* ASSIGNMENT: Which lines of the entries contain the string "IfErr"? Please find them and copy them.

* DATA SUPPLIED:
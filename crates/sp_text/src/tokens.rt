//! The tokens of a line, and where each stands.

ghost use Rattle.std.specs.Prelude.{IsTrue};
ghost use Rattle.sp_text.specs.Tokens.{is_token};

use crate::first_tokens::find_tokens;
use crate::fronts::{after, front, past_blanks};
use crate::lines::Line;
use std::error::Error;
use std::fmt;

/// What a token is.
#[derive(Clone, Copy, Debug, PartialEq, Eq)]
pub enum Kind {
    /// A letter or `_`, then letters, digits, `_` and `.`; also `...`.
    Word,
    /// `%` and a name (LLVM Language Reference, "Identifiers").
    Local,
    /// `@` and a name.
    Global,
    /// An optional `-`, then digits.
    Number,
    /// `"`, bytes other than `"`, `"`.
    Quoted,
    /// `#` and digits.
    Hash,
    /// `!` and a name, or `!` and digits.
    Bang,
    /// One of `( ) { } [ ] , = : *`.
    Punct,
}

/// A token of a line, a slice of the text.
#[derive(Clone, Copy, Debug)]
pub struct Token<'a> {
    pub kind: Kind,
    pub bytes: &'a [u8],
    pub ghost spelled: { IsTrue (is_token kind bytes.now) },
}

/// A token of a line in its place, the longest there.
#[derive(Clone, Copy, Debug)]
pub struct PlacedToken<'a> {
    pub kind: Kind,
    /// The slice `from..to` of the line.
    pub bytes: &'a [u8],
    /// The place of its first byte in the line.
    pub from: usize,
    /// The place after its last byte.
    pub to: usize,
}

/// A byte outside comments and quoted texts that begins no token.
#[derive(Clone, Copy, Debug, PartialEq, Eq)]
pub struct BadByte {
    /// The line's number.
    pub line: u32,
    /// The byte's place in the line.
    pub at: usize,
}

impl fmt::Display for BadByte {
    fn fmt<W: fmt::Write>(&self, f: &mut fmt::Formatter<W>) -> fmt::Result {
        write!(f, "line {}: byte {} begins no token", self.line, self.at)
    }
}

impl Error for BadByte {}

impl<'a> Line<'a> {
    ghost use Rattle.std.specs.Prelude.{◌≡◌, ◌++◌, ◌≤◌, ◌↔◌, ◌⊎◌, length, map, take, drop, IsErr, IfOk, IfErr, IfSome};
    ghost use Rattle.sp_text.specs.TokenAt.{IsFirstToken, BeginsNoToken, HasNoToken, past_blanks, tokens_by, seen_token};
    ghost use Rattle.sp_text.specs.Tokens.{tokens, says_nothing};

    /// The first token at or after `from`: `None` exactly where only blanks or a comment follow, and
    /// [`BadByte`] exactly where the first byte after the blanks begins no token.
    #[inline(always)]
    pub fn token_at(&self, from: usize) -> Result<Option<PlacedToken<'a>>, BadByte>
        requires { from ≤ length self.now.bytes.now }
        ensures remaining { tokens (drop from self.now.bytes.now) ≡ tokens_by self.now.bytes.now result }
        ensures token { IfOk result (λ found. IfSome found (IsFirstToken self.now.bytes.now from)) }
        ensures none { (result ≡ Ok None) ↔ IsTrue (says_nothing (drop from self.now.bytes.now)) }
        ensures bad { IsErr result ↔ BeginsNoToken (drop from self.now.bytes.now) }
        ensures bad_line { IfErr result (λ byte. byte.line ≡ self.now.number) }
        ensures bad_place { IfErr result (λ byte. byte.at ≡ past_blanks self.now.bytes.now from) }
    {
        let bytes = self.bytes;
        let at = past_blanks(bytes, from);
        let Some((first, rest)) = after(bytes, at).split_first() else {
            return Ok(None);
        };
        if *first == b';' {
            return Ok(None);
        }
        match front(*first, rest) {
            Some((kind, len)) => {
                let to = at + len;
                Ok(Some(PlacedToken {
                    kind,
                    bytes: &bytes[at..to],
                    from: at,
                    to,
                }))
            }
            None => Err(BadByte {
                line: self.number,
                at,
            }),
        }
    }

    /// Finds the line's first tokens, as many as there is room for: how many, and the place from which the others follow. Where
    /// room is left, none does.
    #[inline(never)]
    pub fn first_tokens(&self, room: &mut [Token<'a>]) -> (usize, usize)
        ensures within { result.0 ≤ length room.new }
        ensures place { result.1 ≤ length self.now.bytes.now }
        ensures all { tokens self.now.bytes.now ≡ map seen_token (take result.0 room.new) ++ tokens (drop result.1 self.now.bytes.now) }
        ensures full { (result.0 ≡ length room.new) ⊎ HasNoToken (drop result.1 self.now.bytes.now) }
    {
        let (count, rest) = find_tokens(self.bytes, room);
        (count, self.bytes.len() - rest.len())
    }
}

* COMPLETED EXERCISE:
    ghost use Rattle.std.specs.Prelude.{◌≡◌, ◌++◌, ◌≤◌, ◌↔◌, ◌⊎◌, length, map, take, drop, IsErr, IfOk, IfErr, IfSome};
        ensures bad_line { IfErr result (λ byte. byte.line ≡ self.now.number) }
        ensures bad_place { IfErr result (λ byte. byte.at ≡ past_blanks self.now.bytes.now from) }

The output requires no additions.